▸ **Work to complete**: Nothing but the lines from the one with "fn is_copied(pair: &Pair)" down to the one with "list of the" should be returned, exactly and with both ends included, from the material below.

▸ **Data shown**:
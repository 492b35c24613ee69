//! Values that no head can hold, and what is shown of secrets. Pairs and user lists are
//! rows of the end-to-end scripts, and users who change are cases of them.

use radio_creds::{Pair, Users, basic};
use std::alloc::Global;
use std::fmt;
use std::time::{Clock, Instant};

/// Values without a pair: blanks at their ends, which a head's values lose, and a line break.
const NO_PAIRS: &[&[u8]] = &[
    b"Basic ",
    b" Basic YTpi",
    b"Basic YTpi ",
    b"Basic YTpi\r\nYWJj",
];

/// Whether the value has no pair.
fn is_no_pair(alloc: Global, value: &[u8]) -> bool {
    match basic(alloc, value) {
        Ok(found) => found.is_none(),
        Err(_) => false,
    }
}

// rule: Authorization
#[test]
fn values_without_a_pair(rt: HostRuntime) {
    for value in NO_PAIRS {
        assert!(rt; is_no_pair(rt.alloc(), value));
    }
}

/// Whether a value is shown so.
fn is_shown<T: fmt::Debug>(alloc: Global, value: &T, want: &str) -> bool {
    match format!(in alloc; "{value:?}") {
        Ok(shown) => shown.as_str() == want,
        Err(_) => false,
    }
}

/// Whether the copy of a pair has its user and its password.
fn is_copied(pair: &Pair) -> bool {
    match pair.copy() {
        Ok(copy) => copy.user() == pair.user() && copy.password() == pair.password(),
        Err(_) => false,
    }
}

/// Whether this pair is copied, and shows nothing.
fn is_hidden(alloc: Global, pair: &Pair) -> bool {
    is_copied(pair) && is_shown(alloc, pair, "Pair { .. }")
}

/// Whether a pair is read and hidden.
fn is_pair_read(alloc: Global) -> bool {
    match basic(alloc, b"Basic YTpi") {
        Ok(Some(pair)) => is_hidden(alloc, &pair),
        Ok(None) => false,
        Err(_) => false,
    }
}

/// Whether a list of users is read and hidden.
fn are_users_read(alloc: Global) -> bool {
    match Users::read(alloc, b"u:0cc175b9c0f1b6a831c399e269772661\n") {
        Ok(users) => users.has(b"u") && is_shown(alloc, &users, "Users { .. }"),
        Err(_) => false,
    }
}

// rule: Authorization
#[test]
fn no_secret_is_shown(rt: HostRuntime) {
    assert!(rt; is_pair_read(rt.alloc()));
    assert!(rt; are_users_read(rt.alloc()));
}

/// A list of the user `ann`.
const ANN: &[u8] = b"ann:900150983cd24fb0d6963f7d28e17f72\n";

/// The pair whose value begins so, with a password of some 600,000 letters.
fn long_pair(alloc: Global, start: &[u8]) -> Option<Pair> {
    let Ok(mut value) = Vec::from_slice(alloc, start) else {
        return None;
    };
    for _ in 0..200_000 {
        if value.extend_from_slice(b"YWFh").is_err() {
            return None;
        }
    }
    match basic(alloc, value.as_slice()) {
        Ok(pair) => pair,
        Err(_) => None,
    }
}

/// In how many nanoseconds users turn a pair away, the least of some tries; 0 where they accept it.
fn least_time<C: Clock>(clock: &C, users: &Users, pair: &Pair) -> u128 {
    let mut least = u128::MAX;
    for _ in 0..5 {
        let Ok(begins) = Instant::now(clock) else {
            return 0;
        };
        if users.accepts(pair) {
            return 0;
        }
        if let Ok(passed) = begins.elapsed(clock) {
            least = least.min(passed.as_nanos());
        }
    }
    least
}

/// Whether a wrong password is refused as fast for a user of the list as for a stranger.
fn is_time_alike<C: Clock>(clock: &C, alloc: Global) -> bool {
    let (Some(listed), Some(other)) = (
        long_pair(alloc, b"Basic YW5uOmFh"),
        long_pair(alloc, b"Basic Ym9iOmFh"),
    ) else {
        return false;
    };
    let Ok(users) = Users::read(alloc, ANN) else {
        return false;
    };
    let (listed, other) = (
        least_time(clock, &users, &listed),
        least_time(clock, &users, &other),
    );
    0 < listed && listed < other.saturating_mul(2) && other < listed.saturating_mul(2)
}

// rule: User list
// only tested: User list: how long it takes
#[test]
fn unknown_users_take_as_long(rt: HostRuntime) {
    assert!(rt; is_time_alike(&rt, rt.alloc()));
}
* * *
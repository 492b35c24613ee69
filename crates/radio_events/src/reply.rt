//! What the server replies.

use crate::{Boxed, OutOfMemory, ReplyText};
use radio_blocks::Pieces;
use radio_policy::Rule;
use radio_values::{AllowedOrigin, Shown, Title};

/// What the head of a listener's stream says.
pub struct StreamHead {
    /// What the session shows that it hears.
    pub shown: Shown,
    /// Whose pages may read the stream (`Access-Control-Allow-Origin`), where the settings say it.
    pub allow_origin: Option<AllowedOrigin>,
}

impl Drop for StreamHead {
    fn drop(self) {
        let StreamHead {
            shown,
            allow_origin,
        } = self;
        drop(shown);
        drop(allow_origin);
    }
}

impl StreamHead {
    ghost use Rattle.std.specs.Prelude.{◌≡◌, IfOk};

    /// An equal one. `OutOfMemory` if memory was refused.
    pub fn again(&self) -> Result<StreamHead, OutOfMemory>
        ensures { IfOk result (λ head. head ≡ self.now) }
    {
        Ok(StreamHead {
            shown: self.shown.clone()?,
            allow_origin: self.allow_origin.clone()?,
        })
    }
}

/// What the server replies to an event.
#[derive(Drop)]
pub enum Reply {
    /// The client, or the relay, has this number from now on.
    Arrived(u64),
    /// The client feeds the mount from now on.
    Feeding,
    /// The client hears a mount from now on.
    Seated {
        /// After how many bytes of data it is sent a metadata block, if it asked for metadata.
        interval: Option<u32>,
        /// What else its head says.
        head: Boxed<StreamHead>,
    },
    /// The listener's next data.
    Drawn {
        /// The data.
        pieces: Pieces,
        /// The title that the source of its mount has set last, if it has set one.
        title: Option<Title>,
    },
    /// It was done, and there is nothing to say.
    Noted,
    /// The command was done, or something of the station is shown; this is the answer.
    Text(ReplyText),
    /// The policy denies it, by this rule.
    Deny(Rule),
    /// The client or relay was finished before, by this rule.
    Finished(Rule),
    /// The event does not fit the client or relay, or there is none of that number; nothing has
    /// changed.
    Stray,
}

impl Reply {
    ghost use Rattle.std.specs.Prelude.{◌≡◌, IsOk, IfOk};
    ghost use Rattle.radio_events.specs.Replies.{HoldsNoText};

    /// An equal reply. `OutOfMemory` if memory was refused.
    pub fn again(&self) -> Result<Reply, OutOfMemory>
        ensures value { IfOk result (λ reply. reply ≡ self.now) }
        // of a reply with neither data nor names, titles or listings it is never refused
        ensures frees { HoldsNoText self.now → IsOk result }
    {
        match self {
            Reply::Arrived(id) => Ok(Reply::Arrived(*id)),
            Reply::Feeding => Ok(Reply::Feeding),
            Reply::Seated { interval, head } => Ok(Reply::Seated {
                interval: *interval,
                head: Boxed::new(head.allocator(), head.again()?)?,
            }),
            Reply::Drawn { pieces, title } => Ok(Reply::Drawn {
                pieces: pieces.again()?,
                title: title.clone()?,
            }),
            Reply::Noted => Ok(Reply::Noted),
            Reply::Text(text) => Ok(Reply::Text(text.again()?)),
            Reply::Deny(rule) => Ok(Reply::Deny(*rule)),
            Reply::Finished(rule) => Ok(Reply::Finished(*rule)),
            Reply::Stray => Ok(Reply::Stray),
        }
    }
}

▸ **Expected output**:
fn is_copied(pair: &Pair) -> bool {
    match pair.copy() {
        Ok(copy) => copy.user() == pair.user() && copy.password() == pair.password(),
        Err(_) => false,
    }
}

/// Whether this pair is copied, and shows nothing.
fn is_hidden(alloc: Global, pair: &Pair) -> bool {
    is_copied(pair) && is_shown(alloc, pair, "Pair { .. }")
}

/// Whether a pair is read and hidden.
fn is_pair_read(alloc: Global) -> bool {
    match basic(alloc, b"Basic YTpi") {
        Ok(Some(pair)) => is_hidden(alloc, &pair),
        Ok(None) => false,
        Err(_) => false,
    }
}

/// Whether a list of users is read and hidden.
fn are_users_read(alloc: Global) -> bool {
    match Users::read(alloc, b"u:0cc175b9c0f1b6a831c399e269772661\n") {
        Ok(users) => users.has(b"u") && is_shown(alloc, &users, "Users { .. }"),
        Err(_) => false,
    }
}

// rule: Authorization
#[test]
fn no_secret_is_shown(rt: HostRuntime) {
    assert!(rt; is_pair_read(rt.alloc()));
    assert!(rt; are_users_read(rt.alloc()));
}

/// A list of the user `ann`.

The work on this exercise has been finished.